Aku sudah pernah menjadi juri untuk beberapa bidang dalam penulisan atau di luar penulisan. Salah satu kesempatan kudapatkan baru saja dengan menjadi juri cipta puisi tingkat sekolah dasar (SD) untuk Festival dan Lomba Seni Siswa Nasional (FLS2N) Propinsi Lampung, di Hotel Nusantara, Bandarlampung 24 - 27 April 2015. Ada 15 peserta yang ikut lomba dari 15 kota dan kabupaten yang ada di Lampung. Kisaran peserta dari kelas 3 sampai 5 SD.
Tema umum yang disodorkan dalam lomba ini adalah kebudayaan Indonesia, spesifik karena ini lomba tingkat propinsi Lampung maka yang harus ditulis oleh peserta adalah kebudayaan Lampung. Dengan waktu kurang lebih 3 jam, apa yang bisa diharapkan dari para peserta siswa siswi SD itu? Hmmm, ya dari banyak pengalaman untuk tingkat umur SD, puisi-puisi yang dihasilkan adalah puisi deskriptif, melukiskan apa yang menjadi tema.
Misal anak SD diminta menulis puisi tentang tarian Lampung. Mereka akan mengurai kata-kata yang melukiskan tarian Lampung, berdasarkan apa yang mereka pernah lihat. Puisi mengandalkan kata-kata yang muncul dari perasaan, yang didasari dari apa yang ditangkap oleh pancaindera. Tapi untuk para muda, anak-anak SD ini, penggunaan mata atau indera penglihatan secara optimal, adalah awal yang sangat baik dan tepat.
Dan ini memang sungguh awal yang baik bagi seorang penyair. Indera yang pertama dan paling optimal bisa digunakan oleh penyair untuk menjaring perasaan-perasaan puitik adalah mata, indera penglihatan. Lewat mata kita bisa melihat bentuk, letak, gerakan, warna dan sebagainya. Jika dituangkan dalam kata-kata, apa yang tertangkap oleh mata ini sangatlah banyak, luar biasa.
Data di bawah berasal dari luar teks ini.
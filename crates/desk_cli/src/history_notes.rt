//! What `history` says of what it wrote.

use crate::status::DeskStatus;
use duty_calendar::{Event, Horizon, Kind, Member, Memory, Name};
use file_places::{Prose, put_stretch};
use next_folder::RolledOver;

/// How many events the members have before the month.
fn count_history(members: &[Member]) -> u64 {
    let mut count: u64 = 0;
    for member in members {
        count = count.saturating_add(member.history.len() as u64);
    }
    count
}

/// Appends a line for each of some names, and says whether there is one.
fn put_names(prose: &mut Prose, names: &[Name], words: &'static [u8]) -> Result<bool, Memory> {
    for name in names {
        prose.text(name.bytes())?;
        prose.say(words)?;
    }
    Ok(!names.is_empty())
}

/// Appends what an event is.
fn put_event(prose: &mut Prose, horizon: &Horizon, event: &Event) -> Result<(), Memory> {
    match event.kind {
        Kind::Flight => prose.say(b"flight ")?,
        Kind::Ground => prose.say(b"ground ")?,
        Kind::Leave => prose.say(b"leave ")?,
    }
    put_stretch(prose, horizon, event.report, event.release)
}

/// Whether an event stands among others, with its times.
fn is_among(events: &[Event], event: &Event) -> bool {
    events.iter().any(|other| {
        other.kind == event.kind && other.report == event.report && other.release == event.release
    })
}

/// Appends a line for each event that this month carries into the next one and that is not among a member's there, and says
/// whether there is one.
fn put_lacking(
    prose: &mut Prose,
    horizon: &Horizon,
    member: &Member,
    taken: &Member,
) -> Result<bool, Memory> {
    let mut is_lacking = false;
    for event in member.fixed.as_slice() {
        if !is_among(taken.fixed.as_slice(), event) {
            prose.say(b"fixed.csv of the next month stays as it is, and lacks of ")?;
            prose.text(member.name.bytes())?;
            prose.say(b": ")?;
            put_event(prose, horizon, event)?;
            prose.say(b"\n")?;
            is_lacking = true;
        }
    }
    Ok(is_lacking)
}

/// Appends what the fixed events that are there lack, and says whether they lack something.
fn put_all_lacking(prose: &mut Prose, rolled: &RolledOver) -> Result<bool, Memory> {
    let mut is_lacking = false;
    for (place, taken) in rolled.taken.as_slice().iter().enumerate() {
        let Some(member) = rolled.members.as_slice().get(place) else {
            return Ok(true);
        };
        if put_lacking(prose, &rolled.rules.horizon, member, taken)? {
            is_lacking = true;
        }
    }
    Ok(is_lacking)
}

/// Appends how much was written, who is new and who is gone, and what fixed events lack.
pub fn put_rolled(prose: &mut Prose, rolled: &RolledOver) -> Result<DeskStatus, Memory> {
    prose.say(b"history ")?;
    prose.number(count_history(rolled.taken.as_slice()))?;
    prose.say(b"\n")?;
    let has_new = put_names(
        prose,
        rolled.newcomers.as_slice(),
        b" is new in crew.csv of the next month and has no history\n",
    )?;
    let has_gone = put_names(
        prose,
        rolled.leavers.as_slice(),
        b" is not in crew.csv of the next month\n",
    )?;
    let is_lacking = put_all_lacking(prose, rolled)?;
    if has_new || has_gone || is_lacking {
        return Ok(DeskStatus::Warned);
    }
    Ok(DeskStatus::Done)
}
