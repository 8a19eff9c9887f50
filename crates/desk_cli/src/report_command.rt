//! The command `report`.
ghost use Rattle.std.specs.Prelude.{codes};
ghost use Rattle.desk_cli.specs.DeskFiles.{SameButAtTwo};

use crate::names_file::tell_names;
use crate::status::DeskStatus;
use crate::stops::say_stop;
use crate::writing::put_file;
use duty_calendar::Memory;
use file_places::Prose;
use month_page::Beside;
use month_report::{Report, planner_report};
use shelf::Shelf;
use std::alloc::Global;

/// Writes both files of a report. Where the first is not written, nor is the second.
#[tactic(auto, using(crate::proofs::Kept::same_first, crate::proofs::Kept::same_both))]
fn put_report<S: Shelf>(
    alloc: Global,
    shelf: &mut S,
    prose: &mut Prose,
    made: &Report,
) -> Result<DeskStatus, Memory>
    ensures others { SameButAtTwo (codes "report.html") (codes "report.csv") (S.holds shelf.old)
        (S.holds shelf.new) }
{
    let status = put_file(alloc, shelf, prose, "report.html", made.page.as_slice())?;
    if status != DeskStatus::Done {
        return Ok(status);
    }
    put_file(alloc, shelf, prose, "report.csv", made.records.as_slice())
}

/// Writes the report for planners, with what stands beside the files of the month.
#[tactic(auto, using(crate::proofs::Kept::two_kept))]
fn put_planner_report<S: Shelf>(
    alloc: Global,
    shelf: &mut S,
    prose: &mut Prose,
    beside: &Beside<'_>,
) -> Result<DeskStatus, Memory>
    ensures others { SameButAtTwo (codes "report.html") (codes "report.csv") (S.holds shelf.old)
        (S.holds shelf.new) }
{
    match planner_report(alloc, shelf, beside) {
        Ok(made) => put_report(alloc, shelf, prose, &made),
        Err(stop) => say_stop(alloc, shelf, prose, &stop),
    }
}

/// Writes the report for planners.
#[tactic(auto, using(crate::proofs::Kept::two_kept))]
pub fn run_report<S: Shelf>(
    alloc: Global,
    shelf: &mut S,
    prose: &mut Prose,
    built: &[u8],
) -> Result<DeskStatus, Memory>
    ensures others { SameButAtTwo (codes "report.html") (codes "report.csv") (S.holds shelf.old)
        (S.holds shelf.new) }
{
    let Some(names) = tell_names(alloc, shelf, prose)? else {
        return Ok(DeskStatus::Faulty);
    };
    let beside = Beside::new(&names, built);
    put_planner_report(alloc, shelf, prose, &beside)
}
Kalau dalam FLS2N tingkat SD mereka melukiskan budaya Lampung, mulai dari tarian, alam, adat, dan sebagainya, kita bisa memakai sekitar kita sebagai latihan menggunakan mata. Mempertajam apa yang bisa ditangkap oleh mata kita sangatlah besar maknanya. Coba lihat di mejaku sekarang ini. Ada gelas nyaris kosong persis di depanku. Apa kata-kata yang bisa kuungkap dari gelas ini? Misalnya : bening, mengkilat, air, gelas, jernih, udara, kosong, pantulan, wajahku, bias, lengkung, lurus,cahaya, dll. dll. Dari kata-kata itu aku bisa merangkainya jadi puisi. Misal puisi pendek seperti ini :
Bening depanku
gelas mendamba air
wajah memantul.
Nah, mataku menangkapnya, dan jadilah puisi pendek. Jika aku menyimpannya, lalu mengeditnya, ini akan jadi salah satu bait dari puisi yang utuh nanti. Jadi, sungguh menyenangkan melihat anak-anak SD sudah memulai dari yang paling menyenangkan yang mereka tangkap lewat mata mereka, untuk dijadikan puisi. Salut.